*** Begin section ***

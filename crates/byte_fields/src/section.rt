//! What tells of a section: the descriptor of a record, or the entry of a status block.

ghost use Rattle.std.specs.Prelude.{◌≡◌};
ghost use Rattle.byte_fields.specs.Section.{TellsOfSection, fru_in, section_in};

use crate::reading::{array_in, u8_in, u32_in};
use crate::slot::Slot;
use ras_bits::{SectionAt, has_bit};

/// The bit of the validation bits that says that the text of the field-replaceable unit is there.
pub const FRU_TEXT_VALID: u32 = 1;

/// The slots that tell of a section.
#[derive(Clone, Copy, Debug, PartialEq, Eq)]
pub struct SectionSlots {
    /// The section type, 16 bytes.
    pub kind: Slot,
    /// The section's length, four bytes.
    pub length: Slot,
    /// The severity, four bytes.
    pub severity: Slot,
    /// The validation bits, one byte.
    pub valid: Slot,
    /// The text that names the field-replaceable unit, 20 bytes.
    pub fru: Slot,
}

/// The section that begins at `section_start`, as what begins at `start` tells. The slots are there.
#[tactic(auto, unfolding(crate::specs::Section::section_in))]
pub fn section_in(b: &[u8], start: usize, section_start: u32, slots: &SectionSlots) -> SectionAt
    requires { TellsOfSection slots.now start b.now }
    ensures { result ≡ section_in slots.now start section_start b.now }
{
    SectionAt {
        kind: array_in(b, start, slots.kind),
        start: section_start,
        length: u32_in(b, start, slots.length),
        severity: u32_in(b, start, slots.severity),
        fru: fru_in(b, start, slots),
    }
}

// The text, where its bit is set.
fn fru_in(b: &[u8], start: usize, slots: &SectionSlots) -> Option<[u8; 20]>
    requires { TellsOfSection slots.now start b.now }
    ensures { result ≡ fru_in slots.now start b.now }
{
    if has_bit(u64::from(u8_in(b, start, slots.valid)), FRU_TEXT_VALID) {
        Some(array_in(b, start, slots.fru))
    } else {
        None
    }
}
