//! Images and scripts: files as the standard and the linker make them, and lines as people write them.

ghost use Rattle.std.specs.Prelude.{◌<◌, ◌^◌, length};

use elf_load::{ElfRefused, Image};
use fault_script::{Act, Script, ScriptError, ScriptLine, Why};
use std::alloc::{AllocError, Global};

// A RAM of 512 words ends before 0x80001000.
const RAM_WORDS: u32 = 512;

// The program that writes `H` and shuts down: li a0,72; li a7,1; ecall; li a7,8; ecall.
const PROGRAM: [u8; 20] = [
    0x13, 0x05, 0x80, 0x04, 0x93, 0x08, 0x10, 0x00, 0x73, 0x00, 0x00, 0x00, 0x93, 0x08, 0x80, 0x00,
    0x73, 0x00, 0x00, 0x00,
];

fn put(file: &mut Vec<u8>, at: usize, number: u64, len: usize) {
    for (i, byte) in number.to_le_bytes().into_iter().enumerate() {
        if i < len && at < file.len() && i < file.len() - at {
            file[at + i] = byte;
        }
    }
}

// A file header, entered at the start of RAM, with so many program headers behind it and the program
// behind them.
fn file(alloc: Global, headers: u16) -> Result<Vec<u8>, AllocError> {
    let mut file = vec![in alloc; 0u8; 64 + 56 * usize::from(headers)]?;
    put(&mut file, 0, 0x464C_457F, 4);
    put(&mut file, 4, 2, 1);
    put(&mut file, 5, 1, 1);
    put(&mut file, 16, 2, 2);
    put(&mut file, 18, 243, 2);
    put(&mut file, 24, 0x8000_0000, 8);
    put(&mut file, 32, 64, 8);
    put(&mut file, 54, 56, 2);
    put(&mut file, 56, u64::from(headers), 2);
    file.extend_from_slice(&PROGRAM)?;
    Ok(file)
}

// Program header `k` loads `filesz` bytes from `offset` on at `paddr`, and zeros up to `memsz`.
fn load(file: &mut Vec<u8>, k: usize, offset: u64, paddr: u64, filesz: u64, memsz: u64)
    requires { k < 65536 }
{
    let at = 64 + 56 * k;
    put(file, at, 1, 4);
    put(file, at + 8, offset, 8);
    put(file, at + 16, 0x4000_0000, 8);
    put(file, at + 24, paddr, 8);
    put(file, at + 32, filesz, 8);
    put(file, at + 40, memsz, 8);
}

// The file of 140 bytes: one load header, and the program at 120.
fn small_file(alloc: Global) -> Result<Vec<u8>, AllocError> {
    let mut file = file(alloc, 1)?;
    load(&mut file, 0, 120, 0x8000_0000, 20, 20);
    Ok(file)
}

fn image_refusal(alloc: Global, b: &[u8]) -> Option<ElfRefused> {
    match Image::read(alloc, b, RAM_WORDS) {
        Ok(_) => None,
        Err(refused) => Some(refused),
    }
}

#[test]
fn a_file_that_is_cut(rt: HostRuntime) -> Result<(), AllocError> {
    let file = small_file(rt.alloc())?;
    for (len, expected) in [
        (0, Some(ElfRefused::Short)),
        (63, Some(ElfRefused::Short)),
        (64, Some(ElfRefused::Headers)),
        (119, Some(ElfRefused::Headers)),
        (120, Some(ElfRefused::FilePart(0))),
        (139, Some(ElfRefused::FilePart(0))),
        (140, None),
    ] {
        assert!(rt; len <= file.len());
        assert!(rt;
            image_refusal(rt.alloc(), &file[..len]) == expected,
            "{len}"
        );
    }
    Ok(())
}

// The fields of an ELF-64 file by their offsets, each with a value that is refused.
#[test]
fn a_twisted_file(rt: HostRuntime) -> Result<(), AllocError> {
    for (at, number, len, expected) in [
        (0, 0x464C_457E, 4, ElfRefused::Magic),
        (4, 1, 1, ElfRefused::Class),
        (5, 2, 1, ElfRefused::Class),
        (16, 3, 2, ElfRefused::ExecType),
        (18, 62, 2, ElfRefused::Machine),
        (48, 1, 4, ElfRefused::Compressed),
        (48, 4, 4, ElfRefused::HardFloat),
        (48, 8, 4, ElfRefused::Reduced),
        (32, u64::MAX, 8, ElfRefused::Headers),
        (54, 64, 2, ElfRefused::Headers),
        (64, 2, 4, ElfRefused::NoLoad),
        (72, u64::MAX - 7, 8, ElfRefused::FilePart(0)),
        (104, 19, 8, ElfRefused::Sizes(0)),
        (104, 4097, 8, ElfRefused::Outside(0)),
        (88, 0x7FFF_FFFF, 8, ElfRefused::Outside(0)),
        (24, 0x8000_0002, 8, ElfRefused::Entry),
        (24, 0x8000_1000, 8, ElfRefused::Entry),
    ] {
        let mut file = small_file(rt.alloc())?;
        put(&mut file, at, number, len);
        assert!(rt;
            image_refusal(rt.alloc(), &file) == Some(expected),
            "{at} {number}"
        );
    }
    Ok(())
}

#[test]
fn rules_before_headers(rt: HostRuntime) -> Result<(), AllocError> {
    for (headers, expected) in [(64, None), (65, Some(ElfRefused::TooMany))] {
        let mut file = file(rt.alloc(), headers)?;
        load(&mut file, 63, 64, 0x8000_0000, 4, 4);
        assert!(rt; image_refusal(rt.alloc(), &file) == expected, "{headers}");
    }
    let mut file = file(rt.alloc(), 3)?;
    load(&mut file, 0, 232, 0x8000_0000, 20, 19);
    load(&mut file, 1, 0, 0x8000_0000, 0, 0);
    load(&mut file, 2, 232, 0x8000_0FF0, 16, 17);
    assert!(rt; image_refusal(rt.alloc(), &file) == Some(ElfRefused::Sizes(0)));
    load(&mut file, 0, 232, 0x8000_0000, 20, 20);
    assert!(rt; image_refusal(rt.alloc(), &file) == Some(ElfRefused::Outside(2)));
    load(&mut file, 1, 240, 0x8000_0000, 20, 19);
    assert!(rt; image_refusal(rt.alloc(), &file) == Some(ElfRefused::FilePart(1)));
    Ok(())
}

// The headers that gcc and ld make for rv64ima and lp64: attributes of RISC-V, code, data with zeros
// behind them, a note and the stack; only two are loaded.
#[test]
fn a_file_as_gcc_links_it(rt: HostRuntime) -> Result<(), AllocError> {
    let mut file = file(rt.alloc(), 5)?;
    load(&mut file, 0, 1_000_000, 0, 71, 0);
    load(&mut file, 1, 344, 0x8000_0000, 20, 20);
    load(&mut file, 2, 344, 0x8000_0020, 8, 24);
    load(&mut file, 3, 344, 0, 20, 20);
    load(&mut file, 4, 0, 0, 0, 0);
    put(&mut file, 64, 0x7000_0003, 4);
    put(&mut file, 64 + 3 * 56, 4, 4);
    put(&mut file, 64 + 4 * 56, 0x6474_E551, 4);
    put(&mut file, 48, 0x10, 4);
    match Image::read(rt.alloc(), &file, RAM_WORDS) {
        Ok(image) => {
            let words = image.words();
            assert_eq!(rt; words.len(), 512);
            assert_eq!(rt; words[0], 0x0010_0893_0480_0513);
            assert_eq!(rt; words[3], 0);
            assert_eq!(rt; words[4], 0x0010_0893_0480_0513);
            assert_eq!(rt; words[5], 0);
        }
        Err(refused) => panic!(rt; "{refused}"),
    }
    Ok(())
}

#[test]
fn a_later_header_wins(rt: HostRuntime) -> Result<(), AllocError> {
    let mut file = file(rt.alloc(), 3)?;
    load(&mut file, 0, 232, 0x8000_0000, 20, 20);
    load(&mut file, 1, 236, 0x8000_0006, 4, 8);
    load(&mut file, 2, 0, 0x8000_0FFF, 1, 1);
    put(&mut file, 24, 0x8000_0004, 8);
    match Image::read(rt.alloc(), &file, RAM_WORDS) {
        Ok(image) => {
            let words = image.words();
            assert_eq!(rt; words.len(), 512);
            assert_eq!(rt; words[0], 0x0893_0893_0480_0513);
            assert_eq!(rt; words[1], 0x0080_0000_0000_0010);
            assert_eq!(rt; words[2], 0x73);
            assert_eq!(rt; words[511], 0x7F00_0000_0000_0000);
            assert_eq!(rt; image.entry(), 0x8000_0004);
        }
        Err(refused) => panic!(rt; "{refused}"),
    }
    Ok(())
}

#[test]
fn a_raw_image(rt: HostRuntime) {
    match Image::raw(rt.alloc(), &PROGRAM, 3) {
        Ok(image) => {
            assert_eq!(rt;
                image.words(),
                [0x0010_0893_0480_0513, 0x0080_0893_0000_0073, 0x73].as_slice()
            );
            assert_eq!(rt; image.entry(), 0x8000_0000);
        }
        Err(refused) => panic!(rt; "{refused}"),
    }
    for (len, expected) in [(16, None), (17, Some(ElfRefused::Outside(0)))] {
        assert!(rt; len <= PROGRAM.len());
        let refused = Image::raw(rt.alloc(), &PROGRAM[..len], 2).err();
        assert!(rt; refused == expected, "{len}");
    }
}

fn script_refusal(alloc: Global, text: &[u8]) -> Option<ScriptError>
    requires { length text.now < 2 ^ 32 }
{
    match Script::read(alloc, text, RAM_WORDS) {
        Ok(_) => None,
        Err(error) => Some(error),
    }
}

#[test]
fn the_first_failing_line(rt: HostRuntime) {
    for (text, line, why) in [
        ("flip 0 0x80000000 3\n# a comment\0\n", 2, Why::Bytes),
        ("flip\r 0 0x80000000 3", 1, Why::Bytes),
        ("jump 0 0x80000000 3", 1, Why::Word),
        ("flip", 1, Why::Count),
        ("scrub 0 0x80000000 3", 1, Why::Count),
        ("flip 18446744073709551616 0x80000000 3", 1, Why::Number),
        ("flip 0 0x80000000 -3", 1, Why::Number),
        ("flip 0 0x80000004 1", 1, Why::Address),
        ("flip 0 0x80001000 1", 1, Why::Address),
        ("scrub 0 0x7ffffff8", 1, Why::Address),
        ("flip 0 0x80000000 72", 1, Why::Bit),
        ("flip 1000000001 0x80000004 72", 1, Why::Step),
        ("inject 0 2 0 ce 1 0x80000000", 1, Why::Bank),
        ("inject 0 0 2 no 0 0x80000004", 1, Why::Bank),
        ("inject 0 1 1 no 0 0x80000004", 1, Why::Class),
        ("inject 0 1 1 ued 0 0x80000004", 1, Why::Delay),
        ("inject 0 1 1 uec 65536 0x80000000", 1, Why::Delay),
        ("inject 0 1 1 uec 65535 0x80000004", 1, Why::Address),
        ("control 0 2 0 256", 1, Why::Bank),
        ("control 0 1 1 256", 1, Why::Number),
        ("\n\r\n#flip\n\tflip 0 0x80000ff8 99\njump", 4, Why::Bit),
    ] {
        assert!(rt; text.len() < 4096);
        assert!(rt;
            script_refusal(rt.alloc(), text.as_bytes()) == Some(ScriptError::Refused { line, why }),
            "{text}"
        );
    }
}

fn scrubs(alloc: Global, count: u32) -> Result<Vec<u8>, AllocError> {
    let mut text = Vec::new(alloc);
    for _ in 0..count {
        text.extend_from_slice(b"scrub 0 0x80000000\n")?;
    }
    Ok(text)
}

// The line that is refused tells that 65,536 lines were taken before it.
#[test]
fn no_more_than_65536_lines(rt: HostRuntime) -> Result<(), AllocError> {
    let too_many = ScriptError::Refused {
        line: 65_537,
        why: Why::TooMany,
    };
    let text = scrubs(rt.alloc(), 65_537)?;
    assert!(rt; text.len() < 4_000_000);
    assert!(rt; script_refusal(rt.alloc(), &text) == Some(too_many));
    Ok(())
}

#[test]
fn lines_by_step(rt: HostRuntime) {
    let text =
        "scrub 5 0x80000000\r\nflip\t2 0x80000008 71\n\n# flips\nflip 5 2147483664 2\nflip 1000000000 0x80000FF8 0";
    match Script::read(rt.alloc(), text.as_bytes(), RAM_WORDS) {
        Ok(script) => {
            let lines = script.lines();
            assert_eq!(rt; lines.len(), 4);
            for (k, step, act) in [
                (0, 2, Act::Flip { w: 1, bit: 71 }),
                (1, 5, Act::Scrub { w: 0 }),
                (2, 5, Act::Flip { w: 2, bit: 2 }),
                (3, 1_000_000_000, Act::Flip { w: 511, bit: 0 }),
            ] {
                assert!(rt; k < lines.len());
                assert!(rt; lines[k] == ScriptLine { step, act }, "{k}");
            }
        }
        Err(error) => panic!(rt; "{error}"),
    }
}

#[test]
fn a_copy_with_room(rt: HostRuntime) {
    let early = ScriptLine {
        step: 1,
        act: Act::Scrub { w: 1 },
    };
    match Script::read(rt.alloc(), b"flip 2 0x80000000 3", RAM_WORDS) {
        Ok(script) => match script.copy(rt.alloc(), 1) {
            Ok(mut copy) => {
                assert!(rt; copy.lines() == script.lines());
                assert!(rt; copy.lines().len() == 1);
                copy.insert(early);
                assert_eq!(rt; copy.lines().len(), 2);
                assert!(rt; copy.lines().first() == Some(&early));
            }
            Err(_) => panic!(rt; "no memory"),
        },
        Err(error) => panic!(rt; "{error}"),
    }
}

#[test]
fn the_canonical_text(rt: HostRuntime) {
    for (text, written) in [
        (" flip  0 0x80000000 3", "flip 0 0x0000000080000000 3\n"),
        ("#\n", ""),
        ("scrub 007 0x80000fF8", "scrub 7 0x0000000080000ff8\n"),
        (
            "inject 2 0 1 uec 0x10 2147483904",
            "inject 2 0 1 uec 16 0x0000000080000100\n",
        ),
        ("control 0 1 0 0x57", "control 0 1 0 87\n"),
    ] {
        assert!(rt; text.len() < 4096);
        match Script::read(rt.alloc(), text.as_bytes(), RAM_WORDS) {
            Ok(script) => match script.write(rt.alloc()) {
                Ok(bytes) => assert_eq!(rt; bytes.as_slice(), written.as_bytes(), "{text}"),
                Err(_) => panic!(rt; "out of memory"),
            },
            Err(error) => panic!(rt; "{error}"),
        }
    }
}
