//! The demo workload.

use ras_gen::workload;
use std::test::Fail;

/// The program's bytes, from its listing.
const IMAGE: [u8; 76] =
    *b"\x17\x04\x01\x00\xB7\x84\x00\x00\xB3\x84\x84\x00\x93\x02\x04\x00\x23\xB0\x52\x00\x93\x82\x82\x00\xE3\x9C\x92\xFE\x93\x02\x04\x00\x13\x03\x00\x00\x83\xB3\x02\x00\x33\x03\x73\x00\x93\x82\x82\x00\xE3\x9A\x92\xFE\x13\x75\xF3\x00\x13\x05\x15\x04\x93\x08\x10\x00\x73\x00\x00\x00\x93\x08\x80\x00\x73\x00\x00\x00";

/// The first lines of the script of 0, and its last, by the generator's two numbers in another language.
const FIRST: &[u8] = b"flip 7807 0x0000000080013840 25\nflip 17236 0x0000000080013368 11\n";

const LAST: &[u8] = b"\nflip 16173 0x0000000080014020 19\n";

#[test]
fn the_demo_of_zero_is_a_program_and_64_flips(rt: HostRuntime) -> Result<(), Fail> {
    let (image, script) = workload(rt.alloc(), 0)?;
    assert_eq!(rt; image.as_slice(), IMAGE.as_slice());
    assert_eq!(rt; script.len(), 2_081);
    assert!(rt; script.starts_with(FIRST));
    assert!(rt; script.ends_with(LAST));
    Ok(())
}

*** End section ***
*** Begin section ***

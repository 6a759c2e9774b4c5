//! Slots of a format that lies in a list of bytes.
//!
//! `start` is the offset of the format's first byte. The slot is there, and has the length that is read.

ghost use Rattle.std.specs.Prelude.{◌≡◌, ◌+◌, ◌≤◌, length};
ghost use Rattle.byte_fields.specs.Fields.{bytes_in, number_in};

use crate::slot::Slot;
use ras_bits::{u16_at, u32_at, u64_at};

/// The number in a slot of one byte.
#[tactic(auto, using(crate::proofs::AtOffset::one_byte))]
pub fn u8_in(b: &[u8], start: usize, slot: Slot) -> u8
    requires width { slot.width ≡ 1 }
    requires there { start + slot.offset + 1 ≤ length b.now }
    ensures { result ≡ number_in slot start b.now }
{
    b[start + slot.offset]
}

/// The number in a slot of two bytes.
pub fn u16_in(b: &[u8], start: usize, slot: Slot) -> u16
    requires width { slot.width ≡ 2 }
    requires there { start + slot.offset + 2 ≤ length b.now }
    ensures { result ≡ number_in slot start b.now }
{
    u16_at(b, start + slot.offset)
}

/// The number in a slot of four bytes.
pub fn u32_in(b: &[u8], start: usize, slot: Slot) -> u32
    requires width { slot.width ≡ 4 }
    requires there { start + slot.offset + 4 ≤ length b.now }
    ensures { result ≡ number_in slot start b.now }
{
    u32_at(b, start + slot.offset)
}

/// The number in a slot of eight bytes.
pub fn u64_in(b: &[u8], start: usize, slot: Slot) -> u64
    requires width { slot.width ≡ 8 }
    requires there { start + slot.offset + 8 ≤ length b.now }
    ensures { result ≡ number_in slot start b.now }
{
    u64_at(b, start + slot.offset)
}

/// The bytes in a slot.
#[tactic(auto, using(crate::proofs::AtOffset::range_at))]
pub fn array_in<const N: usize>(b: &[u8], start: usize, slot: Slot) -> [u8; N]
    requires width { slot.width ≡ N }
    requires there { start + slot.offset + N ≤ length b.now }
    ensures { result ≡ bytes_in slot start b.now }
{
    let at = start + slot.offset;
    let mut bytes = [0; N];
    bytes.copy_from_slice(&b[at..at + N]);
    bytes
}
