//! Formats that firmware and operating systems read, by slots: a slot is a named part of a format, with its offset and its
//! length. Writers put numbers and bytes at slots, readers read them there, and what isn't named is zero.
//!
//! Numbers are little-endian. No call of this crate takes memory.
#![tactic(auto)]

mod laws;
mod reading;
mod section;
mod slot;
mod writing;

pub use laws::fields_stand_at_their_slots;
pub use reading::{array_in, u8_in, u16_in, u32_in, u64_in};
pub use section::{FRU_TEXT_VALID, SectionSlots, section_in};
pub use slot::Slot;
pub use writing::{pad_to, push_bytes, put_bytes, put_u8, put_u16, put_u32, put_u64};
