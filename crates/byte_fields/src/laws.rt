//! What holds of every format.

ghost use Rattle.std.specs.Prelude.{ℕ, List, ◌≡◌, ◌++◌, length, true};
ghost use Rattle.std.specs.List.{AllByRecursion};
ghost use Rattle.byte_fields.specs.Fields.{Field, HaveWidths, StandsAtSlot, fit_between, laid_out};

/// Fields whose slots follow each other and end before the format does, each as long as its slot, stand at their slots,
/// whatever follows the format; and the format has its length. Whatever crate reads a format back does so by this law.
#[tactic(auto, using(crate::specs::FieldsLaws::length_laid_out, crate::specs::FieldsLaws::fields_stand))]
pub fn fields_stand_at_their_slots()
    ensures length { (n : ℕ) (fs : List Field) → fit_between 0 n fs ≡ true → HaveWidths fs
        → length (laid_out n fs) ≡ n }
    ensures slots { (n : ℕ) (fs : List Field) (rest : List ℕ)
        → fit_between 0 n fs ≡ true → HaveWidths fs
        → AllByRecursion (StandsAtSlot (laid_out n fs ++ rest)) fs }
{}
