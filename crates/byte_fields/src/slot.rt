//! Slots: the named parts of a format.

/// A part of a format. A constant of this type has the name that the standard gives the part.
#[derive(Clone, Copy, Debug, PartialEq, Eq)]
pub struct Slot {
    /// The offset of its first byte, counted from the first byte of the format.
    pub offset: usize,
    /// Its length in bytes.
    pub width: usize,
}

*** End section ***

Provide the number of lines in the preceding entries that include the string "StandsAtSlot", with no other words.

2